>>>

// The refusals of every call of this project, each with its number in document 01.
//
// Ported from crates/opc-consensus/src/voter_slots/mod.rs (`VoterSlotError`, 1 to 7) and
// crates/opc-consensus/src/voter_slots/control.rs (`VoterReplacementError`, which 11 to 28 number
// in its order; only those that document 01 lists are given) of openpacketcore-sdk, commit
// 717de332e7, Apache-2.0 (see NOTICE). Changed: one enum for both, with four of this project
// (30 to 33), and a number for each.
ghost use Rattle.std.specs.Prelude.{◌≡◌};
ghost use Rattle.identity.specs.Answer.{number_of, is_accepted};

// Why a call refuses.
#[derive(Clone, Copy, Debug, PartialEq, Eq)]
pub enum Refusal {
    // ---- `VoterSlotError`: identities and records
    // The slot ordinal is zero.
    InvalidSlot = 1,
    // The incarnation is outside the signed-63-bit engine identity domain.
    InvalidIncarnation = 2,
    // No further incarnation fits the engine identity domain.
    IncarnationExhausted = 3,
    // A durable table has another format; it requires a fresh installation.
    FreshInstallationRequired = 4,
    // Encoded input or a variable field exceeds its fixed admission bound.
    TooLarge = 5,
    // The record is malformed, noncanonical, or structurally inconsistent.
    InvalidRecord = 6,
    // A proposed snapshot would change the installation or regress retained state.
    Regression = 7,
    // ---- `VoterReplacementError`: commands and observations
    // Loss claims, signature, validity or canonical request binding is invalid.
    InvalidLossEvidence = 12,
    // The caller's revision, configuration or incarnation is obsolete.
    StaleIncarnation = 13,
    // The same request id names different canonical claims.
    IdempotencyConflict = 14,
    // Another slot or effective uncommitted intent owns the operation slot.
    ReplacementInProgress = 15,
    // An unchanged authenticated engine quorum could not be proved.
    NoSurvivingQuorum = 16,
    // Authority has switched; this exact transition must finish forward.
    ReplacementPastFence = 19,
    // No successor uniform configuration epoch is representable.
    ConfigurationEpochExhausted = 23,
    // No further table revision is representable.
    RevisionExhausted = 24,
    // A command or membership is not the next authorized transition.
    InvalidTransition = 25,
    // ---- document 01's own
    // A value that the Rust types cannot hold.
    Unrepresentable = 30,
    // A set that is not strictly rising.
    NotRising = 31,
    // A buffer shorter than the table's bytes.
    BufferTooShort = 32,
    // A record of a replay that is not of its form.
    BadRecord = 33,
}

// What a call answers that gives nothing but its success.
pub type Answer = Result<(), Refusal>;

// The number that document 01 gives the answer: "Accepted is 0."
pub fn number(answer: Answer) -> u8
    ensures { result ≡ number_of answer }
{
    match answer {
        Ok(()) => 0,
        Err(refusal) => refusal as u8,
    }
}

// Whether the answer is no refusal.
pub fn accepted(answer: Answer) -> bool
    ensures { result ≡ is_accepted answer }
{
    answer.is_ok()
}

<<<
>>>

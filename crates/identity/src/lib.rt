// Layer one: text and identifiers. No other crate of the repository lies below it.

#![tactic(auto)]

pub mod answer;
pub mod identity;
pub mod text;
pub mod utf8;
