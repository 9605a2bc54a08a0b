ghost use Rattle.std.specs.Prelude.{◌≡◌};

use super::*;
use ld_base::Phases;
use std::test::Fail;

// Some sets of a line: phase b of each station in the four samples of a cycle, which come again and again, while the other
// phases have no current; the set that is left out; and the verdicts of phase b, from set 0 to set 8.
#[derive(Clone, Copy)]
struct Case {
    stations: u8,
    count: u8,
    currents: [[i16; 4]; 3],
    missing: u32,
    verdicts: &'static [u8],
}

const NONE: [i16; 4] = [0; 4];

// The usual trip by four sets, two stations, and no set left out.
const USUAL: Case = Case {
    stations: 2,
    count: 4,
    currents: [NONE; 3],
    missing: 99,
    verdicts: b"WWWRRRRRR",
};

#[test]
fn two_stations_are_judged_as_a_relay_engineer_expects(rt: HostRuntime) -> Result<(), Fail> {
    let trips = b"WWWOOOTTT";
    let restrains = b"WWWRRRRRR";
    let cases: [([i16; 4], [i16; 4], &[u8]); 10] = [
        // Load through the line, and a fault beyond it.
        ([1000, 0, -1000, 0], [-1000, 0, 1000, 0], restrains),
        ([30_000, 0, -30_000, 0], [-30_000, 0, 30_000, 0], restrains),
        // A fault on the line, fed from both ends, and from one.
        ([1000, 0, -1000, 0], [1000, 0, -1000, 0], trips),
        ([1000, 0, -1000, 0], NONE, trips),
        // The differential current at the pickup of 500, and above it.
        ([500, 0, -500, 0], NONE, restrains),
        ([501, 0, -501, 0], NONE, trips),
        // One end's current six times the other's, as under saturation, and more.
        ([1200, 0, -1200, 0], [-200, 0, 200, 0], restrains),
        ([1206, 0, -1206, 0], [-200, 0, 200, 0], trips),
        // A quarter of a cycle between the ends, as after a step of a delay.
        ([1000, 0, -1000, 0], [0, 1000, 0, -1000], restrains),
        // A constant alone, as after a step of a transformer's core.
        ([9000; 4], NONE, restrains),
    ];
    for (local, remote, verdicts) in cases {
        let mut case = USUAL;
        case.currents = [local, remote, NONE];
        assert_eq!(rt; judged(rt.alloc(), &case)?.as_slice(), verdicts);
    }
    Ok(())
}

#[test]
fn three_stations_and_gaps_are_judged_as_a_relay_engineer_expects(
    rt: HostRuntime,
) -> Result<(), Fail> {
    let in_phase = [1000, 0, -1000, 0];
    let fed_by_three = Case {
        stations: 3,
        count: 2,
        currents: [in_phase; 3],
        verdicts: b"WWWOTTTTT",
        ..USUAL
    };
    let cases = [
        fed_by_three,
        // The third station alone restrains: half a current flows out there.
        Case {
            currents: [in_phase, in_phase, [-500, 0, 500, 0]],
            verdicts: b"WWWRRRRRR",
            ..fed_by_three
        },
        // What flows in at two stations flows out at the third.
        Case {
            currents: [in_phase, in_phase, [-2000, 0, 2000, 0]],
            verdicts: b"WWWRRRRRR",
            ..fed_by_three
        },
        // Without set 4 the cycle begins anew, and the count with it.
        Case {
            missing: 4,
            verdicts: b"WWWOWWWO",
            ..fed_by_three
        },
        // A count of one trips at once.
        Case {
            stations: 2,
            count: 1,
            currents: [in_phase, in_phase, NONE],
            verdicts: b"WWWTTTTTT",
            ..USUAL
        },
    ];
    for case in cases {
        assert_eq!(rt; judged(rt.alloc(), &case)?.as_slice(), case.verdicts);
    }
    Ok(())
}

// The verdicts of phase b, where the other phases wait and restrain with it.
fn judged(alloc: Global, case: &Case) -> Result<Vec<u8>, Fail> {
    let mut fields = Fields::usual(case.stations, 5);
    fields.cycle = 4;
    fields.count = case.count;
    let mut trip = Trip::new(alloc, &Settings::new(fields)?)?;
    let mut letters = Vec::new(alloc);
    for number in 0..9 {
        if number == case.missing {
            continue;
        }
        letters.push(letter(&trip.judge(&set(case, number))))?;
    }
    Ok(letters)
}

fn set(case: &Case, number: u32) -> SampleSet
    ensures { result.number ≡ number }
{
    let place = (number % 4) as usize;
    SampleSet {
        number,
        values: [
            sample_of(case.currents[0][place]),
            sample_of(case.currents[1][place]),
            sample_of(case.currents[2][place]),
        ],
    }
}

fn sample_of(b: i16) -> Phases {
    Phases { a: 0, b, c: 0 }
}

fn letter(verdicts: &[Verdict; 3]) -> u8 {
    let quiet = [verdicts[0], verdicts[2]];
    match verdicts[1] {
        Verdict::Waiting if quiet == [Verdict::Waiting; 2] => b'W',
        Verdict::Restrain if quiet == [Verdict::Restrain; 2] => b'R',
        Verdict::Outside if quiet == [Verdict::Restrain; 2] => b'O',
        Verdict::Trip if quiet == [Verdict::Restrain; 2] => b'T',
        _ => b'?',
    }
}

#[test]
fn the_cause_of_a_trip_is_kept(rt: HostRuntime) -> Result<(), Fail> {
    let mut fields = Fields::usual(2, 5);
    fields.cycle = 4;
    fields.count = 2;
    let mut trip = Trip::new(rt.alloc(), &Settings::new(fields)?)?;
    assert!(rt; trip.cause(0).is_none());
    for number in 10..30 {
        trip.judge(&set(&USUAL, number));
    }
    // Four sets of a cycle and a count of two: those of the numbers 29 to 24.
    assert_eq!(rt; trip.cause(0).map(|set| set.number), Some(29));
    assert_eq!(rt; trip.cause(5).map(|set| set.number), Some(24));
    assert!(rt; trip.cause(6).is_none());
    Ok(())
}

<<<
>>>

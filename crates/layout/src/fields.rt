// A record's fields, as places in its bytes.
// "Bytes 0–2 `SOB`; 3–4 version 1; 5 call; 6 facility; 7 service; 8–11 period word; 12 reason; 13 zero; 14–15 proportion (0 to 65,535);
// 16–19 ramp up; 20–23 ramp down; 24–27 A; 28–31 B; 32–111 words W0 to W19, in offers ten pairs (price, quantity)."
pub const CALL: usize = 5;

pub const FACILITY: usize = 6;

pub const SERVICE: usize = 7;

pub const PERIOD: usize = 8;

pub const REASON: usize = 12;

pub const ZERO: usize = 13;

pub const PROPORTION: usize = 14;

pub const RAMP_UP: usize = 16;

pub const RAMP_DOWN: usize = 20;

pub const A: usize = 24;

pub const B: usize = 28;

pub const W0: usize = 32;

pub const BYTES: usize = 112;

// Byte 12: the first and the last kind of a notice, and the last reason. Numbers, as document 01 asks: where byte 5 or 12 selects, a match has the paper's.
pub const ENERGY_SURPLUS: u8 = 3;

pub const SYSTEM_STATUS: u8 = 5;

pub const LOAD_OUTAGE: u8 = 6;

<<<

Instructions for the task: For the listing above, state the number of lines that contain the word "those" and nothing more.

Answer to the problem: 2